Work to be completed
Search the entries for the line containing "pub fn builtin_rules(alloc: Global)". Repeat it, then every line after it, exactly through the final line.
── Supplied material ──
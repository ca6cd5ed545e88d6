//! Addresses, requests, referrers and agents.

ghost use Rattle.std.specs.Prelude.{◌<◌, ◌≤◌};

use ga_agents::{Agent, RuleFault, Rules};
use ga_base::{NoMemory, Text, Texts};
use ga_hosts::{Address, BadRange, Range, Ranges, address_of, is_address};
use ga_requests::{Parts, decode_url, is_static, keyphrase, referring_site, split_request};
use std::alloc::Global;

/// An address of each family.
pub const ADDRESSES: [Address; 2] = [Address::V4(1), Address::V6(1)];

/// The address that a text is.
pub fn address_in(text: &[u8]) -> Option<Address> {
    address_of(text)
}

/// Whether a text is an address.
pub fn is_host(text: &[u8]) -> bool {
    is_address(text)
}

/// A range of addresses, and the place of its fault.
pub fn range_in(text: &[u8]) -> Result<Range, u64> {
    match Range::read(text) {
        Ok(Range { low, high }) => Ok(Range { low, high }),
        Err(BadRange { at }) => Err(at),
    }
}

/// No range.
pub fn no_range(alloc: Global) -> Ranges {
    Ranges::new(alloc)
}

/// A range more.
pub fn push_range(ranges: &mut Ranges, range: Range) -> Result<(), NoMemory> {
    ranges.push(range)
}

/// Whether a host is in one of these.
pub fn holds(ranges: &Ranges, host: &[u8]) -> bool {
    ranges.holds(host)
}

/// The parts of a request.
pub fn parts_of(text: &[u8]) -> (&[u8], &[u8], &[u8]) {
    let Parts {
        method,
        target,
        protocol,
    } = split_request(text);
    (method, target, protocol)
}

/// A URL, percent-decoded.
pub fn url_of(alloc: Global, text: &[u8], times: u32) -> Result<Text, NoMemory>
    requires some { 0 < times }
    requires few { times ≤ 2 }
{
    decode_url(alloc, text, times)
}

/// Whether a URL is that of a static file.
pub fn is_static_file(url: &Text, statics: &Texts, all: bool) -> bool {
    is_static(url, statics, all)
}

/// The site of a referrer.
pub fn site_of(alloc: Global, referrer: &Text) -> Result<Option<Text>, NoMemory> {
    referring_site(alloc, referrer)
}

/// The phrase of a referrer.
pub fn phrase_of(alloc: Global, referrer: &Text) -> Result<Option<Text>, NoMemory> {
    keyphrase(alloc, referrer)
}

/// The faults of a browsers file.
pub const RULE_FAULTS: [RuleFault; 2] = [RuleFault::RuleFault { line: 1 }, RuleFault::NoMemory];

/// The rules of a browsers file.
pub fn rules_in(alloc: Global, text: &[u8]) -> Result<Rules, RuleFault> {
    Rules::read(alloc, text)
}

/// The rules without one.
pub fn builtin_rules(alloc: Global) -> Rules {
    Rules::builtin(alloc)
}

/// What an agent is.
pub fn class_of(rules: &Rules, agent: &Text) -> Result<Agent, NoMemory> {
    rules.classify(agent)
}

/// Whether it is a crawler, by its class.
pub fn is_crawler_of(agent: &Agent) -> bool {
    let Agent {
        browser: _,
        category: _,
        system: _,
        system_group: _,
        crawler,
    } = agent;
    *crawler
}

/// Whether an agent is a crawler.
pub fn is_crawler(rules: &Rules, agent: &Text) -> bool {
    rules.is_crawler(agent)
}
───
Solution to the exercise
pub fn builtin_rules(alloc: Global) -> Rules {
    Rules::builtin(alloc)
}

/// What an agent is.
pub fn class_of(rules: &Rules, agent: &Text) -> Result<Agent, NoMemory> {
    rules.classify(agent)
}

/// Whether it is a crawler, by its class.
pub fn is_crawler_of(agent: &Agent) -> bool {
    let Agent {
        browser: _,
        category: _,
        system: _,
        system_group: _,
        crawler,
    } = agent;
    *crawler
}

/// Whether an agent is a crawler.
pub fn is_crawler(rules: &Rules, agent: &Text) -> bool {
    rules.is_crawler(agent)
}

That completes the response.